**DATASET**:
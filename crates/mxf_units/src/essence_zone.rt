//! Where the essence of a partition lies (ST 377-1, BodyOffset; sureness is this project's profile).
ghost use Rattle.std.specs.Prelude.{◌≡◌, ◌==◌, [], IfOk, List, None, Some};
ghost use Rattle.mxf_klv.specs.Parts.{NoteParts};
ghost use Rattle.mxf_views.specs.Partitions.{PartitionParts};
ghost use Rattle.mxf_units.specs.Limits.{IsEssenceZone};
ghost use Rattle.std.specs.Ordering.{nat_cmp};
ghost use Rattle.mxf_klv.specs.Rising.{union};
ghost use Rattle.mxf_views.specs.Places.{segments_of};
ghost use Rattle.mxf_views.specs.RandomIndexView.{rip_view_of};
ghost use Rattle.mxf_places.specs.Held.{end_of_file};
ghost use Rattle.mxf_units.specs.Streams.{in_order, next_of, places_above};
ghost use Rattle.mxf_units.specs.EssenceZones.{begins_inside, bounds_of, first_packet, is_clip_wrapped, is_one};
ghost use Rattle.mxf_units.specs.EssenceZones.{is_sure, limit_of, rip_place_by, zone_by, zone_of};
ghost use Rattle.mxf_units.specs.declared.essence_zone.EssenceZone.{EssenceZone};

pub(crate) mod part;

use crate::bounds::{bound_above, bounds, has_one_rip, names_before, rip_place};
use crate::first_packet::first_packet;
use crate::segments::{all_segments, places_above_0};
use crate::stream::first_above;
use mxf_klv::{Kind, Note, OutOfMemory};
use mxf_places::Holdings;
use mxf_views::{Partition, StreamPlace};
use std::alloc::Global;
use std::marker::Model;

/// Where the essence of a partition lies, as far as that is known.
#[derive(Clone, Copy, Debug, PartialEq, Eq, PartialOrd, Ord)]
pub struct EssenceZone {
    /// The offset in its stream that lies at the origin, in bytes.
    pub body_offset: u64,
    /// The file offset of the origin, in bytes.
    pub origin: u64,
    /// The file offset up to which the essence may lie, if one is known.
    pub limit: Option<u64>,
    /// Whether the essence lies up to there, and no unknown partition in between.
    pub is_sure: bool,
}

/// What gives the essence zones of partitions: what is held, the first places of the streams, where partitions stand or
/// may stand, and the random index pack.
#[derive(Drop)]
pub(crate) struct Evidence<'a> {
    holdings: &'a Holdings<'a>,
    firsts: Vec<StreamPlace>,
    bounds: Vec<u64>,
    rip_place: Option<u64>,
    has_one_rip: bool,
}

impl<'a> Model for Evidence<'a> {
    ghost use Rattle.std.specs.Prelude.{List, ◌≡◌, []};
    ghost use Rattle.std.specs.Ordering.{nat_cmp};
    ghost use Rattle.mxf_klv.specs.Parts.{NoteParts};
    ghost use Rattle.mxf_klv.specs.Rising.{union};
    ghost use Rattle.mxf_views.specs.Places.{segments_of};
    ghost use Rattle.mxf_views.specs.RandomIndexView.{rip_view_of};
    ghost use Rattle.mxf_places.specs.Held.{end_of_file};
    ghost use Rattle.mxf_units.specs.Streams.{in_order, places_above};
    ghost use Rattle.mxf_units.specs.EssenceZones.{bounds_of, is_one, rip_place_by};

    ghost Value = { List NoteParts };

    ghost view = { λ e. e.holdings.now };

    ghost invariant = { λ e. (e.firsts.items ≡ in_order (places_above 0 (segments_of e.holdings.now)))
        × (e.bounds.items ≡ union nat_cmp [] (bounds_of e.holdings.now))
        × (e.rip_place ≡ rip_place_by (end_of_file e.holdings.now) (rip_view_of e.holdings.now))
        × (e.has_one_rip ≡ is_one (rip_view_of e.holdings.now)) };
}

impl<'a> Evidence<'a> {
    /// The evidence of what is held. It takes memory.
    pub fn of(alloc: Global, holdings: &'a Holdings<'a>) -> Result<Evidence<'a>, OutOfMemory>
        ensures { IfOk result (λ e. e ≡ holdings.now) }
    {
        let segments = all_segments(alloc, holdings.views())?;
        let firsts = places_above_0(alloc, &segments)?;
        let bounds = bounds(alloc, holdings)?;
        Ok(Evidence {
            holdings,
            firsts,
            bounds,
            rip_place: rip_place(holdings),
            has_one_rip: has_one_rip(holdings.views()),
        })
    }

    /// Whether all units of a partition lie in its first packet.
    fn is_clip_wrapped(&self, partition: &Partition, first: &Note) -> bool
        ensures { result ≡ is_clip_wrapped self.now partition.now first.now }
    {
        let numbers = &partition.numbers;
        first.kind() == Kind::Essence
            && numbers.body_offset == 0
            && begins_inside(first, self.second_place(numbers.body_sid))
    }

    /// The place of the second unit of a stream, in bytes: the first above 0.
    fn second_place(&self, body_sid: u32) -> Option<u128>
        ensures { result ≡ next_of (segments_of self.now) body_sid 0 }
    {
        first_above(&self.firsts, body_sid, 0)
    }

    /// Where a partition ends at the latest, in bytes.
    fn limit_of(&self, partition: &Partition) -> Option<u64>
        ensures { result ≡ limit_of self.now partition.now }
    {
        bound_above(&self.bounds, partition.offset).or(self.rip_place)
    }

    /// Whether no unknown partition lies between a partition and a limit, in bytes.
    fn is_sure(&self, partition: &Partition, limit: Option<u64>) -> bool
        ensures { result ≡ is_sure self.now partition.now limit }
    {
        match limit {
            Some(limit) => {
                self.has_one_rip || names_before(self.holdings.views(), limit, partition.offset)
            }
            None => false,
        }
    }

    /// Where the essence of a partition lies that begins with a packet.
    fn zone_by(&self, partition: &Partition, first: &Note) -> EssenceZone
        ensures { result ≡ zone_by self.now partition.now first.now }
    {
        if self.is_clip_wrapped(partition, first) {
            return EssenceZone {
                body_offset: 0,
                origin: first.end() - first.length(),
                limit: Some(first.end()),
                is_sure: true,
            };
        }
        let limit = self.limit_of(partition);
        EssenceZone {
            body_offset: partition.numbers.body_offset,
            origin: first.offset(),
            limit,
            is_sure: self.is_sure(partition, limit),
        }
    }

    /// Where the essence of a partition lies, if its first packet is known.
    #[tactic(auto, unfolding(crate::specs::EssenceZones::zone_of))]
    pub fn zone_of(&self, partition: &Partition) -> Option<EssenceZone>
        ensures { result ≡ zone_of self.now partition.now }
    {
        let first = first_packet(self.holdings, partition)?;
        Some(self.zone_by(partition, first))
    }
}

/// Whether the second unit of a stream begins inside a packet, by its place in bytes.
fn begins_inside(first: &Note, second: Option<u128>) -> bool
    ensures { result ≡ begins_inside first.now second }
{
    match second {
        Some(offset) => offset < u128::from(first.end() - first.offset()),
        None => false,
    }
}

/// A law of [`Units::unit`](crate::Units::unit): where the essence of a partition lies is by its first packet, by what
/// stands or may stand above it, and by what is sure of that.
pub fn limits_by_definition()
    ensures zone { (notes : List NoteParts) (p : PartitionParts) (n : NoteParts)
        → IsEssenceZone notes p n (zone_by notes p n) }
    ensures known { (notes : List NoteParts) (p : PartitionParts) (n : NoteParts)
        → first_packet notes p ≡ Some n → zone_of notes p ≡ Some (zone_by notes p n) }
    ensures unknown { (notes : List NoteParts) (p : PartitionParts)
        → first_packet notes p ≡ None → zone_of notes p ≡ None }

    // By one first packet it lies at one place.
    ensures one { (notes : List NoteParts) (p : PartitionParts) (n : NoteParts) (y z : EssenceZone)
        → IsEssenceZone notes p n y → IsEssenceZone notes p n z → y ≡ z }
{}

**YOUR ASSIGNMENT**: Retype the portion of the data above that starts on the line with "random index pack." and finishes on the line with "impl<'a> Model for", including both of those lines.

**OUTPUT FOR THIS EXERCISE**:
/// may stand, and the random index pack.
#[derive(Drop)]
pub(crate) struct Evidence<'a> {
    holdings: &'a Holdings<'a>,
    firsts: Vec<StreamPlace>,
    bounds: Vec<u64>,
    rip_place: Option<u64>,
    has_one_rip: bool,
}

impl<'a> Model for Evidence<'a> {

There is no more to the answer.